For four years, the most unusual line in the accounts of Portugal’s biggest retailer has been a fish farm above the Arctic Circle that had never sold a fish. That changed in the last days of June. Andfjord Salmon, the Oslo-listed, land-based aquaculture company in which Jerónimo Martins has been steadily building a stake since 2022, completed its first-ever commercial sale — roughly 450,000 post-smolt delivered to neighbouring farmer Eidsfjord Sjøfarm — and with it, the first revenue in one of the boldest Portuguese corporate bets anywhere in the Nordics.

The milestone. The sale, agreed for mid-June and executed ahead of the company’s original schedule, moved fish from pool K1 at Andfjord’s flagship site at Kvalnes, on the island of Andøya in Norway’s Vesterålen archipelago. Stronger-than-expected growth allowed the company to bring the transaction forward; around 300,000 fish remain in the pool for grow-out to harvest size. “Our inaugural post-smolt sale is an important milestone as it demonstrates how our infrastructure solutions enable scaling and optimisation of pool capacity and production, which shortens our runway to revenue and improves our cash flow,” chief executive Martin Rasmussen said when announcing the accelerated timetable in late May.

Why the biology matters. Andfjord’s pitch to investors has always rested on its flow-through technology: rectangular pools dug into the island’s shoreline, gravity-fed with clean, oxygen-rich seawater drawn from the Gulf Stream, promising the biological control of land-based farming without the energy bills of fully recirculating systems. The operating data now backs the pitch. As of late May, survival rates in the two operational pools stood above 99% — 99.17% in pool K0 and 99.24% in K1 — extraordinary figures in an industry where conventional net-pen farming routinely loses 15% or more of each generation. Standing biomass reached 1,584 tonnes, with feed-conversion ratios of 1.03 and 0.93 respectively.

The Portuguese connection. Jerónimo Martins — owner of Pingo Doce in Portugal and Biedronka in Poland — entered Andfjord’s shareholder register in 2022 through its agribusiness arm, Jerónimo Martins Agro-Alimentar, and has kept buying ever since. According to Portuguese business daily ECO, the group has invested around €115 million across successive capital raises, injecting a further €20 million in early 2026 and lifting its holding to just under 40%. When Andfjord raised NOK 385 million (about €35 million) in a private placement this spring to fund its next construction phase, the Portuguese group participated again. What began as a strategic hedge — a retailer securing future protein supply — has become something closer to industrial ownership of a Norwegian aquaculture platform.

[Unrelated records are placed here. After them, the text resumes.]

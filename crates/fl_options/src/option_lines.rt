//! The two lines of a key file that an option stands for.

ghost use Rattle.std.specs.Prelude.{◌≡◌, IfOk, option_map, string_bytes};
ghost use Rattle.std.specs.Option.{option_copied};
ghost use Rattle.fl_options.specs.Options as spec;

use crate::names::{bus_group, bus_level, denied_list, granted_list};
use crate::tests_of_text::{is_given, is_variable};
use fl_meta::{PermList, Value, is_pattern};
use fp_keyfile::cut_at_equals;
use std::alloc::{AllocError, Global};

/// Returns the two lines of a word: a group and a pair, without a newline at the end. `None` if the
/// word has no `=`, if its name is that of no option, or if what follows the `=` doesn't suit the
/// option.
pub(crate) fn option_lines(alloc: Global, word: &str) -> Result<Option<String>, AllocError>
    ensures { IfOk result (λ lines. option_map string_bytes lines ≡ spec.option_lines word.now) }
{
    match cut_at_equals(word) {
        Some((name, text)) => lines_with(alloc, name, text),
        None => Ok(None),
    }
}

/// Returns the two lines of the option of this name, if the text may follow its `=`.
#[tactic(auto, unfolding(crate::specs::Options::lines_with))]
fn lines_with(alloc: Global, name: &str, text: &str) -> Result<Option<String>, AllocError>
    ensures { IfOk result (λ lines. option_map string_bytes lines ≡ spec.lines_with name.now
        text.now) }
{
    if let Some(lines) = list_lines(alloc, granted_list(name), "=", text)? {
        return Ok(Some(lines));
    }
    if let Some(lines) = list_lines(alloc, denied_list(name), "=!", text)? {
        return Ok(Some(lines));
    }
    if let Some(lines) = bus_lines(alloc, bus_group(name), &bus_level(name), text)? {
        return Ok(Some(lines));
    }
    variable_lines(alloc, name, text)
}

/// Returns the lines of an entry of a list. The mark is `=` for a grant and `=!` for a denial.
fn list_lines(
    alloc: Global,
    list: Option<PermList>,
    mark: &str,
    name: &str,
) -> Result<Option<String>, AllocError>
    ensures { IfOk result (λ lines. option_map string_bytes lines ≡ spec.list_lines list
        mark.now name.now) }
{
    match list {
        Some(list) if is_given(name) => {
            let key = list.key();
            Ok(Some(format!(in alloc; "[Context]\n{key}{mark}{name}")?))
        }
        _ => Ok(None),
    }
}

/// Returns the lines of a pattern of bus names and its level.
fn bus_lines(
    alloc: Global,
    group: Option<&str>,
    level: &Value,
    pattern: &str,
) -> Result<Option<String>, AllocError>
    ensures { IfOk result (λ lines. option_map string_bytes lines ≡ spec.bus_lines
        (option_copied group.entry) level.now pattern.now) }
{
    match group {
        Some(group) if is_pattern(pattern) => {
            let level = level.word();
            Ok(Some(format!(in alloc; "[{group}]\n{pattern}={level}")?))
        }
        _ => Ok(None),
    }
}

/// Returns the lines of an environment variable, if the option is `--env`.
fn variable_lines(alloc: Global, name: &str, text: &str) -> Result<Option<String>, AllocError>
    ensures { IfOk result (λ lines. option_map string_bytes lines ≡ spec.variable_lines name.now
        text.now) }
{
    if name == "--env" && is_variable(text) {
        Ok(Some(format!(in alloc; "[Environment]\n{text}")?))
    } else {
        Ok(None)
    }
}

The strategic logic. For a food retailer selling millions of kilos of salmon a year across Iberia and Poland, vertical integration into farming is a defence against one of the most volatile commodity markets in food. Salmon spot prices swing violently; land-based, predictable-volume production offers a way to smooth both supply and cost. Jerónimo Martins has said it expects its first revenues from salmon sales in 2026 — a promise that, as of this quarter, Andfjord has begun to keep.

Scaling up. The company is not pausing at the milestone. Around 550,000 smolt were released into pool K3 in early June, making it the third pool in operation at Kvalnes, and fixed-price construction contracts have been signed with Norwegian contractor Entreprenør Harald Nilsen for pools K5 and K7, while K2 and K4 are being completed. Andfjord also strengthened its bank financing during the first quarter, increasing its total facility by NOK 200 million to NOK 1.5 billion, of which NOK 600 million remains undrawn. The first quarter still showed the arithmetic of a pre-revenue builder — operating income of just NOK 0.1 million against a net loss of NOK 23.9 million — but the June sale marks the start of the commercial phase the entire build-out has been aiming at.

The corridor pattern. The deal is the clearest current example of an underappreciated corridor dynamic: Portuguese capital operating inside the Nordic real economy, not merely exporting to it. The usual traffic on this corridor runs north-to-south — Danish solar developers in the Alentejo, Swedish industrial buyers in Leiria, Norwegian shipping offices in Setúbal. Jerónimo Martins’ Arctic salmon position runs the other way, and at a scale — €115 million and a near-40% stake — that makes it one of the largest single Portuguese corporate investments in Norway.

There is a long way between a first post-smolt sale and the 90,000-tonne annual harvest ambition Andfjord has sketched for its three Andøya sites. Land-based aquaculture remains littered with projects that proved biology at small scale and stumbled at large. But for the corridor scoreboard, the entry is now unambiguous: a Portuguese retailer helped finance a new model of Norwegian fish farming, and in June 2026 it started paying back — one pool, and 450,000 fish, at a time.